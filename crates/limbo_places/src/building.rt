//! Types and expressions in memory of their own, and the places that these read.

ghost use Rattle.std.specs.Prelude.{◌≡◌, ◌++◌, [], ◌∷◌, IfOk, IfErr};
ghost use Rattle.limbo_types.specs.View.{view_ty};
ghost use Rattle.limbo_typed.specs.Typed.{Of, Read};
ghost use Rattle.limbo_typed.specs.View.{view_expr, view_node, view_place, view_place_node};
ghost use Rattle.limbo_places.specs.Places.{read, IsNoPlace};

use limbo_typed::{Place, PlaceNode, TExpr, TNode};
use limbo_types::{Ty, copy};
use std::alloc::{AllocError, Global};
use std::mem;

/// The same type once more, in memory of its own.
///
/// # Errors
/// Want of memory.
pub(crate) fn copied(alloc: Global, t: &Ty) -> Result<Box<Ty>, AllocError>
    ensures { IfOk result (λ u. view_ty u.value ≡ view_ty t.now) }
{
    Ok(Box::new(alloc, copy(alloc, t)?)?)
}

/// An expression of this type, made of this.
///
/// # Errors
/// Want of memory.
#[tactic(auto, using(limbo_typed::proofs::View::the_exprs))]
pub(crate) fn boxed(alloc: Global, ty: Ty, node: TNode) -> Result<Box<TExpr>, AllocError>
    ensures { IfOk result (λ e. view_expr e.value ≡ Of (view_ty ty) (view_node node)) }
{
    Ok(Box::new(alloc, TExpr { ty, node })?)
}

/// What stands in a place of this type.
///
/// # Errors
/// Want of memory.
#[tactic(auto, using(limbo_typed::proofs::View::the_exprs))]
pub(crate) fn read(alloc: Global, ty: &Ty, at: PlaceNode) -> Result<Box<TExpr>, AllocError>
    ensures { IfOk result (λ e. view_expr e.value ≡ read (view_ty ty.now) (view_place_node at)) }
{
    let place = Place {
        ty: copy(alloc, ty)?,
        at,
    };
    let place = Box::new(alloc, place)?;
    boxed(alloc, copy(alloc, ty)?, TNode::Read(place))
}

/// Puts an operand behind the others.
///
/// # Errors
/// Want of memory.
pub(crate) fn put(operands: &mut Vec<TExpr>, e: Box<TExpr>) -> Result<(), AllocError>
    ensures { IfOk result (λ _. operands.new.items ≡ operands.old.items ++ e.value ∷ []) }
{
    operands.reserve(1)?;
    operands.push_reserved(Box::into_inner(e));
    Ok(())
}

/// The place that an expression is, or the expression, where it is none.
#[tactic(auto, using(limbo_typed::proofs::View::the_exprs, crate::proofs::Nodes::no_place))]
pub(crate) fn place_of(mut e: Box<TExpr>) -> Result<Box<Place>, Box<TExpr>>
    ensures place { IfOk result (λ p. view_node e.value.node ≡ Read (view_place p.value)) }
    ensures same { IfErr result (λ other. view_expr other.value ≡ view_expr e.value) }
    ensures none { IfErr result (λ _. IsNoPlace (view_node e.value.node)) }
{
    match mem::replace(&mut e.node, TNode::Nil) {
        TNode::Read(place) => Ok(place),
        node => {
            e.node = node;
            Err(e)
        }
    }
}
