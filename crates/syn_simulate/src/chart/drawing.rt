//! The chart of a run is drawn from what was heard in it.
ghost use Rattle.std.specs.Prelude.{IfErr};
ghost use Rattle.syn_simulate.specs.Simulations.{IsNoRun};

use crate::chart::Chart;
use crate::chart::happened::{Happened, Heard};
use crate::chart::messages::{came_text, ends_of, is_late, sent_text};
use crate::chart::rows::{Row, rows_of};
use crate::error::SimulateError;
use crate::player::Player;
use crate::turn::{Moment, PlayedStep};
use crate::{Line, Script};
use std::alloc::{AllocError, Global};
use std::mem;
use syn_world::SimulatedDisk;

/// The chart of the script that the player played: a column for each machine, and a row for each
/// step, message, record, report, stop and opening, in order of time.
///
/// An arrow leads away from a message that is sent, and to one that comes. After a message that
/// comes stands `again` where it came before, `late` where nobody waits for it any more, and `lost`
/// where the machine is down. At the end the messages that never came are named.
///
/// Refused with the number of the first line that says no step, and 11 where memory is refused.
pub fn draw_chart<D: SimulatedDisk>(
    alloc: Global,
    script: &[u8],
    player: &Player<D>,
) -> Result<String, SimulateError>
    ensures refused { IfErr result (IsNoRun script.now) }
{
    let lines = Script::parse(alloc, script)?;
    let world = player.world();
    let heard = Heard {
        sent: world.sent(),
        acknowledged: world.acknowledged(),
        refusals: world.refusals(),
        reports: world.reports(),
    };
    let last = Moment::of(world);
    Ok(draw(alloc, &lines, player.turns(), heard, &last)?)
}

/// The chart of what happened as the lines were played.
///
/// The turns are those of the lines, and what was heard and the last moment those of the world
/// after them.
fn draw(
    alloc: Global,
    lines: &[Line],
    turns: &[PlayedStep],
    heard: Heard,
    last: &Moment,
) -> Result<String, AllocError> {
    let rows = rows_of(alloc, lines)?;
    let mut rows = rows.iter();
    let mut drawing = Drawing {
        alloc,
        heard,
        has_come: vec![in alloc; false; heard.sent.len()]?,
        chart: Chart::new(alloc)?,
    };
    for (index, turn) in turns.iter().enumerate() {
        let happened = Happened {
            heard,
            before: turn.before,
            after: match turns.get(index + 1) {
                Some(next) => next.before,
                None => *last,
            },
        };
        match turn.delivered {
            Some(number) => drawing.add_coming(&turn.before, number)?,
            None => drawing.add_step(rows.next(), &happened)?,
        }
        happened.add_to(alloc, &mut drawing.chart)?;
    }
    drawing.add_lost()?;
    Ok(drawing.chart.into_text())
}

/// A chart that is drawn of what a world heard.
#[derive(Drop)]
struct Drawing<'a> {
    alloc: Global,
    heard: Heard<'a>,
    /// Whether the message with each number came already.
    has_come: Vec<bool>,
    chart: Chart,
}

impl Drawing<'_> {
    /// Adds the row of a line's step, with what became of it.
    fn add_step(&mut self, row: Option<&Row>, happened: &Happened) -> Result<(), AllocError> {
        let Some(row) = row else {
            return Ok(());
        };
        let outcome = happened.outcome(self.alloc, row.at, row.is_opening)?;
        let text = format!(in self.alloc; "{}{outcome}", row.text)?;
        self.chart.add(row.at, &text)
    }

    /// Adds the row of a message that comes, if it was sent by then.
    fn add_coming(&mut self, before: &Moment, number: usize) -> Result<(), AllocError> {
        let Some(messages) = self.heard.sent.get(..before.sent) else {
            return Ok(());
        };
        let Some(message) = messages.get(number) else {
            return Ok(());
        };
        let (_, to) = ends_of(message);
        let came_before = self.note(number);
        let ending = if !before.is_up(to) {
            " (lost)"
        } else if came_before {
            " (again)"
        } else if is_late(messages, message) {
            " (late)"
        } else {
            ""
        };
        let text = came_text(self.alloc, number, message, ending)?;
        self.chart.add(to, &text)
    }

    /// Notes that the message with the number comes, and tells whether it came before.
    fn note(&mut self, number: usize) -> bool {
        match self.has_come.get_mut(number) {
            Some(flag) => mem::replace(flag, true),
            None => false,
        }
    }

    /// Adds a row for each message that never came.
    fn add_lost(&mut self) -> Result<(), AllocError> {
        for (number, message) in self.heard.sent.iter().enumerate() {
            if self.has_come.get(number) == Some(&false) {
                let (from, _) = ends_of(message);
                let text = sent_text(self.alloc, number, message)?;
                let text = format!(in self.alloc; "{text} never came")?;
                self.chart.add(from, &text)?;
            }
        }
        Ok(())
    }
}
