//! What a chart says of the lines of a script.

use crate::Line;
use std::alloc::{AllocError, Global};
use syn_path::Side;
use syn_tree::Edit;
use syn_world::Machine;

/// What a chart says of a line that makes one step at one machine.
#[derive(Drop)]
pub(crate) struct Row {
    pub(crate) at: Machine,
    pub(crate) text: String,
    /// Whether the step opens the machine's disk.
    pub(crate) is_opening: bool,
}

/// The rows of the lines, in order. A line that delivers messages has none: each message that
/// comes has one.
pub(crate) fn rows_of(alloc: Global, lines: &[Line]) -> Result<Vec<Row>, AllocError> {
    let mut rows = Vec::new(alloc);
    for line in lines {
        if let Some(row) = row_of(alloc, line)? {
            rows.push(row)?;
        }
    }
    Ok(rows)
}

fn row_of(alloc: Global, line: &Line) -> Result<Option<Row>, AllocError> {
    let (at, text) = match line {
        Line::Edit(side, user, edit) => (
            Machine::Side(*side),
            format!(in alloc; "user {user}: {}", edit_text(alloc, edit)?)?,
        ),
        Line::Start(preference) => (Machine::Coordinator, start_text(alloc, *preference)?),
        Line::Tick => (Machine::Coordinator, format!(in alloc; "tick")?),
        Line::Deliver(_, _) | Line::Drain => return Ok(None),
        Line::Checkpoint(at) => (*at, format!(in alloc; "checkpoint")?),
        Line::Fail(at, call) => (*at, format!(in alloc; "device call {call} is to fail")?),
        Line::Stop(at, calls, _) => (*at, format!(in alloc; "to stop after call {calls}")?),
        Line::Open(at) => (*at, format!(in alloc; "open")?),
        Line::Reopen(at) => (*at, format!(in alloc; "reopen")?),
    };
    Ok(Some(Row {
        at,
        text,
        is_opening: matches!(line, Line::Open(_) | Line::Reopen(_)),
    }))
}

fn start_text(alloc: Global, preference: Option<Side>) -> Result<String, AllocError> {
    match preference {
        None => format!(in alloc; "start"),
        Some(Side::Left) => format!(in alloc; "start prefer left"),
        Some(Side::Right) => format!(in alloc; "start prefer right"),
    }
}

fn edit_text(alloc: Global, edit: &Edit) -> Result<String, AllocError> {
    match edit {
        Edit::Put(path, bytes) => format!(in alloc; "put {path} of {}", bytes.len()),
        Edit::MakeDir(path) => format!(in alloc; "mkdir {path}"),
        Edit::Remove(path) => format!(in alloc; "rm {path}"),
        Edit::Chmod(path, mode) => format!(in alloc; "chmod {path} {mode}"),
    }
}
====================
PROBLEM REQUIREMENTS:
What you give back should be exactly the lines from the one with "Some(Side::Right) => format!(in" through the final line of the listing, and no others.

WRITTEN REPLY:
        Some(Side::Right) => format!(in alloc; "start prefer right"),
    }
}

fn edit_text(alloc: Global, edit: &Edit) -> Result<String, AllocError> {
    match edit {
        Edit::Put(path, bytes) => format!(in alloc; "put {path} of {}", bytes.len()),
        Edit::MakeDir(path) => format!(in alloc; "mkdir {path}"),
        Edit::Remove(path) => format!(in alloc; "rm {path}"),
        Edit::Chmod(path, mode) => format!(in alloc; "chmod {path} {mode}"),
    }
}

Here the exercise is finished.